Anonymize logs in 18 months and reduce your 500 year cookie length? That’s a joke, G. Or what, do I look like a giant sucker to you?

p.s. did I call that one or what? Who knew Ask.com and MSN search executives read TropicalSEO? ;-) Of course, before we start calling Yahoo or MSN The Privacy Engine, let’s remember this little incident. Still–progress. Congrats, MSN and Ask, you officially just beat Google in one aspect with real innovation!

The Privacy Engine: Ask.com or MSN Live’s Big Comeback Opportunity

Sometimes on MattCutts.com I am so busy trying to “read between his lines” and figure out “what it means for my organic SEO strategy”, that I forget what a smart guy Matt Cutts actually is.

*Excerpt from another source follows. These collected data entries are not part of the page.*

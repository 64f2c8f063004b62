//! A journal is opened: the files are read, and a fresh one of their state takes the place of the lawful ones, beside
//! the foreign ones.
ghost use Rattle.std.specs.Prelude.{◌≡◌, ◌<◌, ◌≤◌, ◌^◌, [], length, None, IsSome, IfOk};
ghost use Rattle.session_disk.specs.Histories.{Leaves};
ghost use Rattle.fresh_files.specs.Fresh.{fresh};
ghost use Rattle.fresh_files.specs.Rotation.{IsMomentOf};
ghost use Rattle.log_writer.specs.Journals.{IsReady};
ghost use Rattle.log_writer.specs.Waiting.{nothing};
ghost use Rattle.log_writer.specs.Log.{IsLeft};
ghost use Rattle.log_writer.specs.Opening.{OpenAnswers, OpenMakes, RefusesOpening, Starts, AnswersOpening, MakesOpening, WhereReady, FitsOpening, StartsAt, LeavesStart, left_disk};

use crate::fault::JournalFault;
use crate::journal::{Journal, Present};
use crate::limits::Limits;
use crate::pending::Pending;
use file_rotation::{Recovered, recover};
use fresh_files::{fresh_file, rotate};
use machine_law::Machine;
use session_disk::{Clock, SessionDisk};
use std::alloc::Global;

impl<M: Machine, D: SessionDisk> Journal<M, D> {
    /// Reads the files of a disk and puts a fresh one of their state in the place of the lawful ones, which takes time
    /// and memory in the files and in the state. A refusal hands the disk back.
    pub fn open<C: Clock>(
        alloc: Global,
        disk: D,
        clock: &mut C,
        limits: Limits,
    ) -> Result<Journal<M, D>, (D, JournalFault)>
        ensures answers { AnswersOpening disk limits result }
        ensures works { IfOk result (λ j. (j.failed ≡ None) × (j.limits ≡ limits)) }
        ensures later { D.failed disk ≤ D.failed (left_disk result) }
        ensures makes { MakesOpening disk (IsMomentOf C.modelled (C.moment clock.old)) result }
        ensures length { WhereReady disk result (FitsOpening limits result) }
        ensures ok { WhereReady disk result (StartsAt disk limits result) }
        ensures crash { WhereReady disk result (LeavesStart disk result) }
    {
        let Ok(pending) = Pending::new(alloc) else {
            return Err((disk, JournalFault::Memory));
        };
        let mut disk = disk;
        match begin::<M, D, C>(alloc, &mut disk, clock, &limits) {
            Ok(present) => Ok(Journal {
                disk,
                limits,
                failed: None,
                pending,
                present,
                alloc,
            }),
            Err(fault) => Err((disk, fault)),
        }
    }
}

// Puts a fresh file of the state to which the files read in the place of the lawful ones.
fn begin<M: Machine, D: SessionDisk, C: Clock>(
    alloc: Global,
    disk: &mut D,
    clock: &mut C,
    limits: &Limits,
) -> Result<Present<M::State>, JournalFault>
    ensures answers { OpenAnswers limits.now
        (record { history = D.history disk.old; failures = D.failed disk.old })
        (record { history = D.history disk.new; failures = D.failed disk.new }) result }
    ensures later { D.failed disk.old ≤ D.failed disk.new }
    ensures bounds { IfOk result (λ p. (p.length ≤ limits.now.max_file) × (p.stamp < 2 ^ 63)) }
    ensures stands { D.modelled → IfOk result (λ p. IsSome ((D.history disk.new).now.standing p.stamp)) }
    ensures makes { D.modelled →
        OpenMakes (IsMomentOf C.modelled (C.moment clock.old)) (D.history disk.old).now result }
    ensures length { D.modelled → (s : M.State) → IsReady M.kind (D.history disk.old).now s →
        RefusesOpening limits.now.max_file (length (fresh M.kind s)) result }
    ensures ok { D.modelled → (s : M.State) → IsReady M.kind (D.history disk.old).now s →
        IfOk result (λ p. Starts M.kind limits.now (D.history disk.old).now (D.history disk.new).now p nothing s) }
    ensures crash { D.modelled → (s : M.State) → IsReady M.kind (D.history disk.old).now s →
        Leaves (D.history disk.old) (D.history disk.new) (IsLeft M.kind (D.history disk.old).now s []) }
{
    let Recovered {
        state,
        chosen: _,
        greatest: _,
        commands: _,
        ending: _,
    } = recover::<M, D>(alloc, disk)?;
    M::known_state(&state);
    let bytes = fresh_file::<M>(alloc, &state)?;
    let needed = bytes.len() as u64;
    if needed > limits.max_file {
        return Err(JournalFault::TooLong { needed });
    }
    let stamp = rotate(disk, clock, &bytes)?;
    Ok(Present {
        state,
        count: 0,
        told: 0,
        after: 0,
        length: needed,
        stamp,
    })
}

Now I know it’s currently in fashion to call Google evil, call them hypocrites, etc. but the truth is, when it comes to privacy Google is the least of your worries. Matt explains why:

So my personal belief would be that if privacy is important to you, Google should not be your biggest concern for two reasons. First, I believe Google does more to protect our users’ privacy than any other major search engine. Second, I believe other companies such as ISPs have a superset of the data that Google has, plus they have verified payment/identity, plus they know which IP addresses you are on, even if you switch IP addresses.

And as he points out, the other SEs hand data over to the DOJ without so much as a whimper, and the ISPs actually sell your data.

Of course, I wish Google would cut their ‘anonymization time’ down to 2 months (from 18-24). Two years is simply waaaay too long for Big Brother, annoying subpoenas, etc. to go fishing. But the truth is if we’re going to whine about privacy we really need to start whining to Yahoo!, MSN, and our ISP’s because they’re waaaay behind the Big G in this regard.

So, where’s the business opportunity here? (In case you haven’t noticed, that is the question Tropical SEO is always asking himself.)

Well, I believe that switching costs are higher than most people commonly think for a search user; at this point the only thing that would make me switch my homepage and default search to Live or Ask would be if they became “the privacy engine” (e.g. take Google’s anonymizing to a new level–2 weeks?–and set a much shorter cookie, etc.)

At a certain point, search relevancy is a relative commodity (is Google really that much better than is was a year ago?), and other priorities are going to determine where searchers hang their hats. For millions of searchers out there, the overriding “other priority” is privacy.

Yoo-hoo, is anyone at Ask or Live listening? Remember, privacy-lovers are ‘geek influencers’ (the same group that made Google dominant in the first place.) Give us privacy-lovers the features we want, and you will gain a large amount of web search marketshare, and geek love (which is great for branding in today’s linkerati world)… not to mention make a ton of money on our CPC clicks.